WHAT THE TASK REQUIRES ::
Looking at the data below, report how many lines contain "Proves", with no other words.

SUPPLIED DATA ::
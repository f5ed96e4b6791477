//! The plain text of a script.

ghost use Rattle.std.specs.Prelude.{◌==◌, OnOk, IfOk};
ghost use Rattle.text_decimal.specs.scripts.PlainScripts.{IsLineWritten, IsPlainScript};

use crate::texts::{Decimal, write_plain_text};
use base_data::model::Memory;
use base_data::model::list::List;
use base_data::text::line_len;
use std::alloc::Global;

/// The plain text of a script, and the decimals of each of its lines.
#[derive(Drop)]
pub struct PlainScript {
    pub text: Vec<u8>,
    pub decimals: Vec<List<Decimal>>,
}

/// Appends the plain text of a line, and the list of its decimals.
fn write_line(alloc: Global, plain: &mut PlainScript, line: &[u8]) -> Result<(), Memory>
    ensures { OnOk result (IsLineWritten line.now plain.old plain.new) }
{
    let decimals = write_plain_text(alloc, &mut plain.text, line)?;
    plain.decimals.push(List::of(decimals))?;
    Ok(())
}

/// Returns the plain text of a script, and the decimals of each line.
pub fn plain_script(alloc: Global, text: &[u8]) -> Result<PlainScript, Memory>
    ensures { IfOk result (IsPlainScript text.now) }
{
    let mut plain = PlainScript {
        text: Vec::new(alloc),
        decimals: Vec::new(alloc),
    };
    let mut at = 0;
    loop {
        let rest = &text[at..];
        let len = line_len(rest);
        write_line(alloc, &mut plain, &rest[..len])?;
        if len == rest.len() {
            return Ok(plain);
        }
        plain.text.push(b'\n')?;
        at += len + 1;
    }
}
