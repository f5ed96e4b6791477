//! The parser for scripts with decimals.

ghost use Rattle.std.specs.Prelude.{Ok, Err, IfOk, IfErr};
ghost use Rattle.text_path.specs.ScriptAnswer.{UnlessMemory};
ghost use Rattle.text_decimal.specs.scripts.Scripts.{IsGivenAnswer};

use crate::scripts::given_offsets::{given_fault, given_lines};
use crate::scripts::plain_scripts::plain_script;
use std::alloc::Global;
use text_path::{Script, ScriptFault, read_script};

/// Parses a script in which decimals may denote doubles. Errors carry offsets in the original
/// lines.
pub fn read_given_script(alloc: Global, text: &[u8]) -> Result<Script, ScriptFault>
    ensures script { IfOk result (λ script. IsGivenAnswer text.now (Ok script)) }
    ensures fault { IfErr result (UnlessMemory (λ fault. IsGivenAnswer text.now (Err fault))) }
{
    let plain = plain_script(alloc, text)?;
    match read_script(alloc, plain.text.as_slice()) {
        Ok(script) => {
            let lines = given_lines(alloc, plain.decimals.as_slice(), script.as_slice())?;
            Ok(Script::of(alloc, lines)?)
        }
        Err(fault) => Err(given_fault(plain.decimals.as_slice(), fault)),
    }
}
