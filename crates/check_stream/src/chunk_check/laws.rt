//! The laws of prefixes, as contracts of lemma functions.

ghost use Rattle.check_stream.specs.chunk_check.Laws.{PassingIsPrefix, PassingButIsPrefix};

/// Proves that bytes are a prefix of a value if they passed the streaming check up to a part of a
/// token for which there is room. `passing_is_prefix` is a lemma function.
pub fn passing_is_prefix()
    ensures { PassingIsPrefix }
{}

/// Proves that bytes are a prefix of a value if they passed, except for mismatches, up to a part of
/// a token for which there is room. `passing_but_is_prefix` is a lemma function.
pub fn passing_but_is_prefix()
    ensures { PassingButIsPrefix }
{}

EXERCISE ANSWER ::
2